Certes, il est rassurant de relever que la conjoncture semble plutôt favorable, permettant de militer dans ce sens, à commencer de la part des nouveaux députés en un parlement renouvelé. Ce que confirment les premières déclarations aux médias son président qui, en sa qualité d'ancien bâtonnier de l’ordre des avocats, ne peut qu'être sensible à la thématique de la non-effectivité du droit positif dépourvu de légitimité. Or, même s’il est légal, le droit actuel tunisien est frappé d'illégitimité absolue étant contraire aux standards internationaux de la règle juridique, étant non seulement injuste, mais sans nulle éthique dans un pays attaché à ses valeurs spirituelles fondant son identité même. 

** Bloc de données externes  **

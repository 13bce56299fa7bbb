//! The log device in memory, which fails where it is told to.
ghost use Rattle.std.specs.Prelude.{◌≡◌, ◌≤◌, ◌↔◌, ◌+◌, ◌/◌, ◌^◌, if◌then◌else◌, Contains, Some, None, length, OnOk, OnErr, IsErr, vec_len};
ghost use Rattle.page_ids.specs.Faults.{IsCounted};
ghost use Rattle.page_ids.specs.declared.limits.TheConstants.{LAST_LSN};
ghost use Rattle.redo_mark.specs.Device.{Told, Tells, IsPieceWritten, IsTorn, IsSynced, IsSame, IsAsOpened, put_at};
ghost use Rattle.redo_mark.specs.Memory.{kept_of, told_of, risen, IsOneCall, IsExact, IsHalfPut};

use crate::calls::Calls;
use crate::device::RedoDisk;
use page_ids::{Failed, OutOfMemory};

/// A log device in memory. It always tells.
///
/// A call of `write_at` or `sync` fails exactly where its number, counted from 1 over both, is listed, or where it finds no memory; then
/// `wants` rises. A listed write puts the first half of its piece there.
#[derive(Debug, Drop)]
pub struct RedoMemory {
    written: Vec<u8>,
    /// What is kept, where that isn't what is written.
    kept: Option<Vec<u8>>,
    opened: u64,
    calls: Calls,
    ghost grown: { opened ≤ length written.items },
    ghost held: { opened ≤ length (kept_of written.items kept) },
}

/// Puts the piece at this offset.
fn overwrite(bytes: &mut Vec<u8>, at: usize, piece: &[u8]) -> Result<(), OutOfMemory>
    requires { at ≤ vec_len bytes.old }
    ensures ok { OnOk result (bytes.new.items ≡ put_at at piece.now bytes.old.items) }
    ensures err { OnErr result (bytes.new.items ≡ bytes.old.items) }
{
    let inside = (bytes.len() - at).min(piece.len());
    bytes.extend_from_slice(&piece[inside..])?;
    bytes[at..at + inside].copy_from_slice(&piece[..inside]);
    Ok(())
}

/// How much of a piece of this length a write puts there.
fn put_len(listed: bool, len: usize) -> usize
    ensures { result ≡ (if listed then len / 2 else len) }
{
    if listed { len / 2 } else { len }
}

impl RedoMemory {
    /// A device that holds these bytes, as at its opening.
    pub fn new(bytes: Vec<u8>, failing: Vec<u64>) -> RedoMemory
        ensures told { (result.written.items ≡ bytes.items) × (result.kept ≡ None) × (result.opened ≡ vec_len bytes) }
        ensures opened { IsAsOpened result.opened (told_of result.written.items result.kept) }
        ensures calls { result.calls ≡ record { failing = failing.items; made = 0; faults = 0; wants = 0 } }
    {
        let opened = bytes.len() as u64;
        RedoMemory {
            written: bytes,
            kept: None,
            opened,
            calls: Calls::new(failing),
        }
    }

    /// How often a call found no memory.
    pub fn wants(&self) -> u64
        ensures { result ≡ self.now.calls.wants }
    {
        self.calls.wants()
    }

    /// The bytes that stood there at the last sync.
    pub fn kept(&self) -> &[u8]
        ensures { result.now ≡ kept_of self.now.written.items self.now.kept }
    {
        match &self.kept {
            Some(kept) => kept.as_slice(),
            None => self.written.as_slice(),
        }
    }

    /// Puts the piece at this offset, and leaves what is kept.
    fn put(&mut self, at: usize, piece: &[u8]) -> Result<(), OutOfMemory>
        requires { at ≤ length self.old.written.items }
        ensures ok { OnOk result (self.new.written.items ≡ put_at at piece.now self.old.written.items) }
        ensures err { OnErr result (self.new.written.items ≡ self.old.written.items) }
        ensures kept { kept_of self.new.written.items self.new.kept ≡ kept_of self.old.written.items self.old.kept }
        ensures rest { (self.new.opened ≡ self.old.opened) × (self.new.calls ≡ self.old.calls) }
    {
        if self.kept.is_none() {
            let kept = self.written.clone()?;
            self.kept = Some(kept);
        }
        overwrite(&mut self.written, at, piece)
    }
}

impl RedoDisk for RedoMemory {
    ghost use Rattle.std.specs.Prelude.{length};
    ghost use Rattle.std.proofs.Common.{rules};
    ghost use Rattle.redo_mark.specs.Memory.{told_of};

    ghost seen = { λ m. record {
      told = told_of m.written.items m.kept;
      opened = m.opened;
      reach = length m.written.items;
      faults = m.calls.faults;
    } };

    ghost sized = { λ m. record { least = m.grown; written = Prim.search rules; kept = m.held } };

    fn write_at(&mut self, at: u64, piece: &[u8]) -> Result<(), Failed>
        requires within { at ≤ length self.old.written.items }
        requires limit { at + length piece.now ≤ LAST_LSN }
        ensures put { OnOk result (Tells (told_of self.old.written.items self.old.kept)
            (told_of self.new.written.items self.new.kept) (IsPieceWritten at piece.now)) }
        ensures torn { OnErr result (Tells (told_of self.old.written.items self.old.kept)
            (told_of self.new.written.items self.new.kept) (IsTorn at (length piece.now))) }
        ensures reach { length self.old.written.items ≤ length self.new.written.items }
        ensures reached { OnOk result (at + length piece.now ≤ length self.new.written.items) }
        ensures opened { self.new.opened ≡ self.old.opened }
        ensures counted { IsCounted self.old.calls.faults self.new.calls.faults result }
        ensures called { IsOneCall self.old.calls self.new.calls }
        ensures exact { IsExact self.old.calls self.new.calls result }
        ensures half { OnErr result (IsHalfPut self.old.calls self.new.calls at piece.now
            self.old.written.items self.new.written.items) }
    {
        let listed = self.calls.begin();
        let most = put_len(listed, piece.len());
        if self.put(at as usize, &piece[..most]).is_err() {
            self.calls.want();
            return Err(self.calls.fail());
        }
        if listed {
            return Err(self.calls.fail());
        }
        Ok(())
    }

    fn sync(&mut self) -> Result<(), Failed>
        ensures synced { OnOk result (Tells (told_of self.old.written.items self.old.kept)
            (told_of self.new.written.items self.new.kept) IsSynced) }
        ensures failed { OnErr result (Tells (told_of self.old.written.items self.old.kept)
            (told_of self.new.written.items self.new.kept) IsSame) }
        ensures reach { length self.old.written.items ≤ length self.new.written.items }
        ensures opened { self.new.opened ≡ self.old.opened }
        ensures counted { IsCounted self.old.calls.faults self.new.calls.faults result }
        ensures called { IsOneCall self.old.calls self.new.calls }
        ensures exact { IsExact self.old.calls self.new.calls result }
        ensures listed { IsErr result ↔ Contains self.old.calls.failing (risen self.old.calls.made) }
        ensures wants { self.new.calls.wants ≡ self.old.calls.wants }
    {
        if self.calls.begin() {
            return Err(self.calls.fail());
        }
        self.kept = None;
        Ok(())
    }

    fn end(&self) -> u64 {
        self.opened
    }

    fn faults(&self) -> u64 {
        self.calls.faults()
    }
}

De fait, le doyen Bouderbala a assuré, aussitôt élu à la tête de la nouvelle ARP, qu'elle ne sera pas «  fictive », bien au contraire ! et d’affirmer qu’on n’y aura « pas froid aux yeux pour demander au gouvernement, au cas où il présente un projet de loi qui ne convient pas à l’intérêt de notre peuple, de le revoir ou de le changer ». Aussi est-on en droit de lui demander : quid alors des mauvaises lois déjà en place, celles de la dictature et du colonisateur encore en vigueur ? Qu'entend donc faire en l'objet l'assemblée qu'il préside ?

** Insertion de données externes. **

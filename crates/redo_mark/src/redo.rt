//! The log of one caller, who has it to himself. What its device held at the start is remembered for contracts.
ghost use Rattle.std.specs.Prelude.{◌≡◌, ◌≤◌, ◌<◌, ◌+◌, ◌^◌, ℕ, List, length, OnOk, OnErr, IfOk, IfErr, IsOk, IsErr, Err};
ghost use Rattle.page_ids.specs.declared.limits.TheConstants.{LAST_LSN};
ghost use Rattle.redo_mark.specs.Records.{sealed};
ghost use Rattle.redo_mark.specs.Logs.{IsFresh, IsLater, IsLonger, IsMeasured, Holds, IsKept, IsAllKept, IsKeptAt, IsWhole, IsSpan, IsFault};

use crate::device::RedoDisk;
use crate::log::Log;
use crate::record::{Draft, Span};
use page_ids::OutOfMemory;
use std::alloc::Global;
use std::marker::Model;
use std::snapshot::Snapshot;

/// Shows that the log is durable up to an LSN: the device keeps every byte of it below. Only `Log::cover` makes one.
#[derive(Debug, Drop)]
pub struct Covered {
    pub(crate) upto: u64,
}

impl Model for Covered {
    ghost use Rattle.std.specs.Prelude.{ℕ};

    ghost Value = { ℕ };

    ghost view = { λ c. c.upto };
}

impl Covered {
    /// The durable mark that was shown (InnoDB's `log_t::flushed_to_disk_lsn`).
    pub fn upto(&self) -> u64
        ensures { result ≡ self.now }
    {
        self.upto
    }
}

/// The log, which ends here, has no LSN left for a record: none is above 2^63.
#[derive(Clone, Copy, Debug, PartialEq, Eq)]
pub struct LogSpent {
    pub end: u64,
}

/// Why the log was not made durable up to an LSN: the first of these that is so.
#[derive(Clone, Copy, Debug, PartialEq, Eq)]
pub enum CoverErr {
    /// The log ends before this LSN.
    BeyondEnd { lsn: u64, end: u64 },
    /// The device failed; these are its counts of faults before and after the call that failed.
    Fault { before: u64, after: u64 },
}

/// What is left of a log: its device, its end and its durable mark. Records behind the mark are gone.
#[derive(Debug, Drop)]
pub struct RedoEnd<R: RedoDisk> {
    pub disk: R,
    pub end: u64,
    pub durable: u64,
}

/// The log on its device, with the records that are not durable.
#[derive(Drop)]
pub struct Redo<R: RedoDisk> {
    log: Log<R>,
    /// The device as it was at the start, for contracts alone.
    opening: Snapshot<R>,
}

impl<R: RedoDisk> Model for Redo<R> {
    ghost use Rattle.redo_mark.specs.Logs.{State, HasGrown};

    ghost Value = { State R };

    ghost view = { λ r. record { seen = r.log.seen; disk = r.log.disk; opening = (R.seen r.opening.value).told } };

    ghost invariant = { λ r. HasGrown r.log.seen (R.seen r.log.disk) (R.seen r.opening.value).told };
}

impl<R: RedoDisk> Redo<R> {
    /// The log on a device, all of it durable. `first` is the LSN of the device's first byte.
    pub fn start(alloc: Global, disk: R, first: u64) -> Result<Redo<R>, (OutOfMemory, R)>
        requires limit { first + (R.seen disk).opened ≤ LAST_LSN }
        ensures fresh { IfOk result (λ r. IsFresh r.seen first (R.seen disk).opened (R.seen disk).faults) }
        ensures kept { IfOk result (λ r. IsKept r.seen (R.seen r.disk).told) }
        ensures disk { IfOk result (λ r. (r.disk ≡ disk) × (r.opening ≡ (R.seen disk).told)) }
        ensures err { IfErr result (λ e. e.1 ≡ disk) }
    {
        let opening = Snapshot::of(&disk);
        let log = Log::start(alloc, disk, first);
        Ok(Redo { log, opening })
    }

    /// Appends the record of a draft at the log's end, in memory: no device is used, and no memory is taken.
    ///
    /// It is refused exactly where the record would end above 2^63; the draft is then dropped (InnoDB's `log_buffer_reserve`).
    pub fn append(&mut self, draft: Draft) -> Result<Span, LogSpent>
        ensures span { IfOk result (IsSpan self.old.seen.end self.new.seen.end (length draft + 8)) }
        ensures record { IfOk result (λ s. Holds self.new.seen (sealed draft s.start) s.start) }
        ensures exact { IfOk result (λ s. (s.start ≡ self.old.seen.end) × IsLonger self.old.seen self.new.seen (sealed draft s.start)) }
        ensures later { IsLater self.old.seen self.new.seen }
        ensures kept { IsKept self.new.seen (R.seen self.new.disk).told }
        ensures whole { IsWhole self.new.seen }
        ensures disk { (self.new.disk ≡ self.old.disk) × (self.new.opening ≡ self.old.opening) }
        ensures mark { self.new.seen.durable ≡ self.old.seen.durable }
        ensures spent { IfErr result (λ e. (self.old.seen.end ≤ e.end) × (e.end ≤ self.new.seen.end)
            × (LAST_LSN < e.end + length draft + 8)) }
        ensures full { LAST_LSN < self.old.seen.end + length draft + 8 → IsErr result }
        ensures err { OnErr result (self.new ≡ self.old) }
    {
        self.log.append(draft)
    }

    /// Makes the log durable up to an LSN at least. It takes no memory.
    ///
    /// Where the LSN is durable no device is used. Else the records that aren't are written in their order, each by one write, the device
    /// syncs, and only then the durable mark rises, to the end that was written (InnoDB's `log_write_up_to`). After a fault nothing more is
    /// durable, and the same bytes are written again next time, at the same places.
    pub fn cover(&mut self, lsn: u64) -> Result<Covered, CoverErr>
        ensures ok { IfOk result (λ c. (c ≡ self.new.seen.durable) × (lsn ≤ c) × (c ≤ self.new.seen.end)) }
        ensures kept { IsKept self.new.seen (R.seen self.new.disk).told }
        ensures whole { IsWhole self.new.seen }
        ensures later { IsLater self.old.seen self.new.seen }
        ensures opening { self.new.opening ≡ self.old.opening }
        ensures idle { lsn ≤ self.old.seen.durable → (self.new ≡ self.old) × IsOk result }
        ensures all { self.old.seen.durable < lsn → OnOk result (self.new.seen.durable ≡ self.old.seen.end) }
        ensures end { self.new.seen.end ≡ self.old.seen.end }
        ensures err { OnErr result (self.new.seen ≡ record self.old.seen { faults = self.new.seen.faults }) }
        ensures beyond { (l end : ℕ) → result ≡ Err (CoverErr.BeyondEnd l end)
            → (l ≡ lsn) × (self.old.seen.end ≤ end) × (end < lsn) × (self.new ≡ self.old) }
        ensures far { self.old.seen.end < lsn → result ≡ Err (CoverErr.BeyondEnd lsn self.old.seen.end) }
        ensures fault { (before after : ℕ) → result ≡ Err (CoverErr.Fault before after)
            → IsFault self.old.seen.faults self.new.seen.faults before after
            × (after ≡ self.new.seen.faults) × (lsn ≤ self.new.seen.end) }
    {
        self.log.cover(lsn)
    }

    /// The LSN up to which the log is durable.
    pub fn durable(&self) -> u64
        ensures { result ≡ self.now.seen.durable }
    {
        self.log.durable()
    }

    /// The LSN behind the last record.
    pub fn end(&self) -> u64
        ensures { result ≡ self.now.seen.end }
    {
        self.log.end()
    }

    /// The marks measure the log. It does nothing.
    pub fn is_measured(&self)
        ensures { IsMeasured self.now.seen }
    {
        self.log.is_measured();
    }

    /// The device's count of faults.
    pub fn faults(&self) -> u64
        ensures { result ≡ self.now.seen.faults }
    {
        self.log.faults()
    }

    /// Ends the log and hands its device back. Records that are not durable are dropped.
    pub fn close(self) -> RedoEnd<R>
        ensures disk { result.disk ≡ self.disk }
        ensures opened { self.seen.opened ≡ self.seen.first + (R.seen result.disk).opened }
        ensures faults { self.seen.faults ≡ (R.seen result.disk).faults }
        ensures end { result.end ≡ self.seen.end }
        ensures durable { (result.durable ≡ self.seen.durable) × (result.durable ≤ result.end) }
        ensures kept { IsKept self.seen (R.seen result.disk).told }
        ensures whole { IsWhole self.seen }
        ensures all { IsAllKept (R.seen result.disk).opened self.opening self.seen (R.seen result.disk).told }
        ensures records { (piece : List ℕ) (start : ℕ) → Holds self.seen piece start → start + length piece ≤ result.durable
            → IsKeptAt self.seen.first piece start (R.seen result.disk).told }
    {
        let Redo { log, .. } = self;
        log.close()
    }
}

Par exemple, en ce début du mois du jeûne, osera-t-il enlever toute effectivité à ces circulaires - illégales déjà - imposent de force le jeûne, commandant la fermeture des cafés de jour ou l’interdiction totale de vente d’alcool ? D'autant que leur fondement moral, et non seulement juridique; est faux, étant une violation caractérisée des principes mêmes de la religion du pays qui consacre la liberté et les droits fondamentaux du croyant, dont notamment la libre entreprise et du commerce. Osera-t-on enfin faire un sort au prétexte fallacieux du respect dû au jeûneur alors que le vrai fidèle n'a à se soucier que de son rapport, particulièrement en ce mois, à son créateur ? Car prêter nullement attention au comportement d'autrui, quel qu'il soit, ne serait qu’un empiètement sur sa liberté, empiètement interdit par la foi d'islam correctement interprétée. 

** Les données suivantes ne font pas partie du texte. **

//! The log's device.
ghost use Rattle.std.specs.Prelude.{◌≡◌, ◌≤◌, ◌+◌, ◌^◌, length, OnOk, OnErr};
ghost use Rattle.page_ids.specs.Faults.{IsCounted};
ghost use Rattle.page_ids.specs.declared.limits.TheConstants.{LAST_LSN};
ghost use Rattle.redo_mark.specs.Device.{RedoSeen, Tells, IsPieceWritten, IsTorn, IsSynced, IsSame, IsSized};

use page_ids::Failed;

/// A file of bytes, which is written piece by piece and synced. Offsets and lengths are in bytes.
///
/// What it holds is told optionally, and a device that tells goes on to tell. A call fails only where the count of faults rose in it.
pub trait RedoDisk: Send + Drop {
    /// What it tells of itself. Its length at the opening never changes; its count of faults stays at 2^64 - 1.
    ghost seen: { Self → RedoSeen };

    /// Puts the piece at this offset. After a failure anything may stand in its range; what is kept stays.
    fn write_at(&mut self, at: u64, piece: &[u8]) -> Result<(), Failed>
        requires within { at ≤ (seen self.old).reach }
        requires limit { at + length piece.now ≤ LAST_LSN }
        ensures put { OnOk result (Tells (seen self.old).told (seen self.new).told (IsPieceWritten at piece.now)) }
        ensures torn { OnErr result (Tells (seen self.old).told (seen self.new).told (IsTorn at (length piece.now))) }
        ensures reach { (seen self.old).reach ≤ (seen self.new).reach }
        ensures reached { OnOk result (at + length piece.now ≤ (seen self.new).reach) }
        ensures opened { (seen self.new).opened ≡ (seen self.old).opened }
        ensures counted { IsCounted (seen self.old).faults (seen self.new).faults result };

    /// Keeps all that was written. After a failure, what is kept stays.
    fn sync(&mut self) -> Result<(), Failed>
        ensures synced { OnOk result (Tells (seen self.old).told (seen self.new).told IsSynced) }
        ensures failed { OnErr result (Tells (seen self.old).told (seen self.new).told IsSame) }
        ensures reach { (seen self.old).reach ≤ (seen self.new).reach }
        ensures opened { (seen self.new).opened ≡ (seen self.old).opened }
        ensures counted { IsCounted (seen self.old).faults (seen self.new).faults result };

    /// The length at the opening, which never changes.
    fn end(&self) -> u64
        ensures { result ≡ (seen self.now).opened };

    /// The count of faults.
    fn faults(&self) -> u64
        ensures { result ≡ (seen self.now).faults };

    /// It is never shorter than at its opening, nor than what it surely has.
    ghost sized: { (d : Self) → IsSized (seen d) };
}
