//! Tests of the reader: beside a server, and with each read and write that fails. Nothing but tests.
#![tactic(auto)]

#[cfg(test)]
mod beside_a_server;
#[cfg(test)]
mod failures;
#[cfg(test)]
mod pieces;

Au demeurant, la nouvelle Constitution du pays impose désormais une telle entreprise d'adéquation avec les préceptes véritables de la religion du pays, et qui ne saurait être utile qu’en faveur dune réouverture de l’effort d’exégèse et non en appliquant la jurisprudence religieuse léguée par les anciens jurisconsultes. Ces derniers ont certes fait un effort louable de compréhension de leur religion, mais ils l'ont fait pour leur époque ; aussi leur fiqh est-il aujourd’hui dépassé, se retrouvant en décalage et disharmonie  avec les visées humanistes de l’islam, imposant forcément sa rénovation. 

À ce niveau religieux, reprendre l'exégèse de notre foi relève aussi de la rupture impérative avec la fraude aux mots ; car en religion, encore plus qu’en politique, il est impératif de bien nommer les choses puisque « mal nommer les choses contribue aux malheurs du monde » ainsi que l’affirmait avec raison Camus. C'est ce qui fait, sans conteste, le malheur actuel de la foi d’islam qui d’une religion des Lumières, ayant contribué à l’émergence de la Modernité occidentale, a mué en une croyance obscurantiste de par les manquements des siens à ses visées.

Loin de la fraude actuelle à la nature véritable d’un islam qu’on prétend servir à bon droit, il importe de rappeler son génie des origines qui est d’être une religion de droits et de libertés, tous les droits et toutes les libertés, c’est-à-dire un pur islam humaniste, celui d'une religion œcuménique et qui a été, d’abord et avant tout, une culture bien moins que d’être ce qu'on en fait : un pur culte rétrograde. 

Cela revient à retrouver le génie de l'islam des origines, ce que je nomme i-slam pour le distinguer de l’islam des intégristes, la tradition issue d’une exégèse obsolète et forclose, non seulement dépassée, mais violant les authentiques visées de la foi d'islam, ignorées ou travesties par les dogmatiques. Ce qui impose aux musulmanes de ne plus accepter le fiqh que sous réserve d’inventaire en parfaite conformité avec le pur islam. 

Le parlement tunisien saura-t-il y aider en osant déjà commencer par mettre à bas les textes actuels à connotation faussement morale, se prétendant à tort d’inspiration islamique ? Il agira à bon escient en saisissant l'occasion de ce ramadan qui commence, mois de la plus parfaite piété,  laquelle n'est  autre que d'avoir le courage de la vérité ! 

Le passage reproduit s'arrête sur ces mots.